* Your goal
Write out precisely the lines beginning with the line that contains "List Use) ×" and ending with the last line of the entries, and no other lines.

---------- Given entries

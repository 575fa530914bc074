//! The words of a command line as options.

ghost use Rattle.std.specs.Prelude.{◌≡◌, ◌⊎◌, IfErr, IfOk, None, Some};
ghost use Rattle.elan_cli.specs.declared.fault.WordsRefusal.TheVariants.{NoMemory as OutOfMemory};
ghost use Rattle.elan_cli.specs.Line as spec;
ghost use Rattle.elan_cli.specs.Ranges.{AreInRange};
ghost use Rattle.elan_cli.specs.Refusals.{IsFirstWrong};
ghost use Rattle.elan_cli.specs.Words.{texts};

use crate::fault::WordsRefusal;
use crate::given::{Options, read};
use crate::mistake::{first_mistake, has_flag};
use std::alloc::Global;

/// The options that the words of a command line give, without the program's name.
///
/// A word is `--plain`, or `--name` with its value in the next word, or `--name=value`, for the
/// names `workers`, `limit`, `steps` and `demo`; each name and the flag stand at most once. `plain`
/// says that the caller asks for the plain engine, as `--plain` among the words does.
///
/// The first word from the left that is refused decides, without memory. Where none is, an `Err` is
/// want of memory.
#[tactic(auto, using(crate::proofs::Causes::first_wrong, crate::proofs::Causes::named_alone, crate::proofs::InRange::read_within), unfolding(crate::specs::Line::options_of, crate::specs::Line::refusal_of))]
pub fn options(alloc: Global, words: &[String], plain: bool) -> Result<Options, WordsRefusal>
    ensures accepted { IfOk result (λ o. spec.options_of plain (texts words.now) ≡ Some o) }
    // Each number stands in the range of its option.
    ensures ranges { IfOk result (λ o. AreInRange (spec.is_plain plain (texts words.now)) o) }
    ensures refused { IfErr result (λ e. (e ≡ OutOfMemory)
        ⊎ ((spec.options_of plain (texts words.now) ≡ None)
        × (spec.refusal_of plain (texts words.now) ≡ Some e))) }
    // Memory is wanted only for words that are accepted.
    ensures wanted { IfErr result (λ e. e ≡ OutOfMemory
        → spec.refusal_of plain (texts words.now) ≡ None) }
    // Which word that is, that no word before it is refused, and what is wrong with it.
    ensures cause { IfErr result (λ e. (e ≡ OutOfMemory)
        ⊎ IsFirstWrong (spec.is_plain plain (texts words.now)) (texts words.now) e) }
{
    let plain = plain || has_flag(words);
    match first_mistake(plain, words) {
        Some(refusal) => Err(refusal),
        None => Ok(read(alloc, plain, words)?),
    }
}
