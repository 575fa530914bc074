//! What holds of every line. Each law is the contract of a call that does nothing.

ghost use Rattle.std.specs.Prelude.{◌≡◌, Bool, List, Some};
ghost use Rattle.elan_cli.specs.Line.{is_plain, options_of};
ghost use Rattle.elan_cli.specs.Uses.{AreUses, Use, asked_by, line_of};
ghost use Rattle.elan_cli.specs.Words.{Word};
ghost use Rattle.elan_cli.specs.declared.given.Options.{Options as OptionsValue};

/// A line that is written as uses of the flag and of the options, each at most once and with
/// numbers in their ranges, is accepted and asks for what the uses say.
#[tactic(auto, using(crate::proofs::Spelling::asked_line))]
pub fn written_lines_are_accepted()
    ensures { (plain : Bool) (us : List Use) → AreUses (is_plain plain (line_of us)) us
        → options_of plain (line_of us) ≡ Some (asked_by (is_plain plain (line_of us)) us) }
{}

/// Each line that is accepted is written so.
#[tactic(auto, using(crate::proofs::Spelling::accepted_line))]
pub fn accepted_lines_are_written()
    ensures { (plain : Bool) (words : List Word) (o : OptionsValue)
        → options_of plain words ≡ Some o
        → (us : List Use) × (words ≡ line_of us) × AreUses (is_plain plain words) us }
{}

--------------------

* Task response
        → (us : List Use) × (words ≡ line_of us) × AreUses (is_plain plain words) us }
{}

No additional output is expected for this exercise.